Katjuscha Seelig und Sani Meier, FIght! Revolutionäre Frauenzeitung, März 2025
Mit dieser Artikelreihe wollen wir den Themenkomplex Mutterschaft und Muttersein im Kapitalismus genauer unter die Lupe nehmen. Welchen Lebensrealitäten begegnen Mütter in Deutschland, aber auch international? Von welchen Mythen und Ideologien wird Mutterschaft beeinflusst? Weshalb sind werdende Eltern häufig politisch inaktiv? Welchen Einfluss haben Mom-InfluencerInnen auf unser Verständnis von Mutterschaft?

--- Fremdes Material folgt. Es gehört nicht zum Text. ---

//! What follows from one run to the next. The function does nothing: its clauses are the laws.

ghost use Rattle.enip_keep_sqlite.specs.NextStart.{last_commit_law, next_start_law};

use sqlite_disk::Disk;

/// Where the files hold what a crash, or the end of a run, could leave of a store, a start finds entries that a keeper
/// over that store may leave: if it was open, exactly those of its last commit.
pub fn next_start_finds_the_last_commit<D: Disk>()
    ensures left { next_start_law D.Disk }
    ensures commit { last_commit_law D.Disk }
{}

Wie können wir unsere Kinder im Sinne eines linken Selbstverständnisses erziehen? Und was ist eigentlich mit denjenigen unter uns, die es bereuen, Mütter geworden zu sein, oder keine Kinder bekommen wollen?
Diesen und noch vielen weiteren spannenden Fragen wollen wir uns in der heutigen und den kommenden Ausgaben der Fight! widmen. Hierbei sei vorab gesagt, dass dies ein erster Beitrag ist, in dem wir leider einige wichtige Realitäten der Elternschaft aufgrund des begrenzten Rahmens nicht abbilden können. Dieser Artikel wird sich primär mit der Perspektive von (alleinerziehenden) cis-Müttern auseinandersetzen, da er auf einem Interview mit einer cis-weiblichen Genossin und Mutter basiert, welches im Podcast „Lage der Klasse” erscheint.
Adoptiveltern, Eltern mit Behinderung, queere Eltern oder Eltern außerhalb der imperialistischen Länder sind hier nur einige wenige Beispiele, die wir in dieser Ausgabe (noch) nicht behandeln können.
Schauen wir uns auf fortschrittlichen Demonstrationen, auf antikapitalistischen Bündnistreffen und Sommercamps oder in den Reihen linker aktivistischer Organisationen um, so gibt es eine gesellschaftliche Gruppe, die besonders wenig an diesen Orten vertreten zu sein scheint: junge Eltern, insbesondere Mütter mit ihren Kindern! Viele weibliche Aktivist:innen werden politisch inaktiv, sobald sie Kinder bekommen. Oder es ist schon von vornherein schwer, Eltern für aktives Linkssein zu gewinnen. Aber warum ist das so? Was lässt werdende Eltern politisch inaktiv sein? Warum brauchen wir gerade sie in unseren Organisationen und wie können linke Strukturen in dieser Lebensphase integrativ und unterstützend wirken?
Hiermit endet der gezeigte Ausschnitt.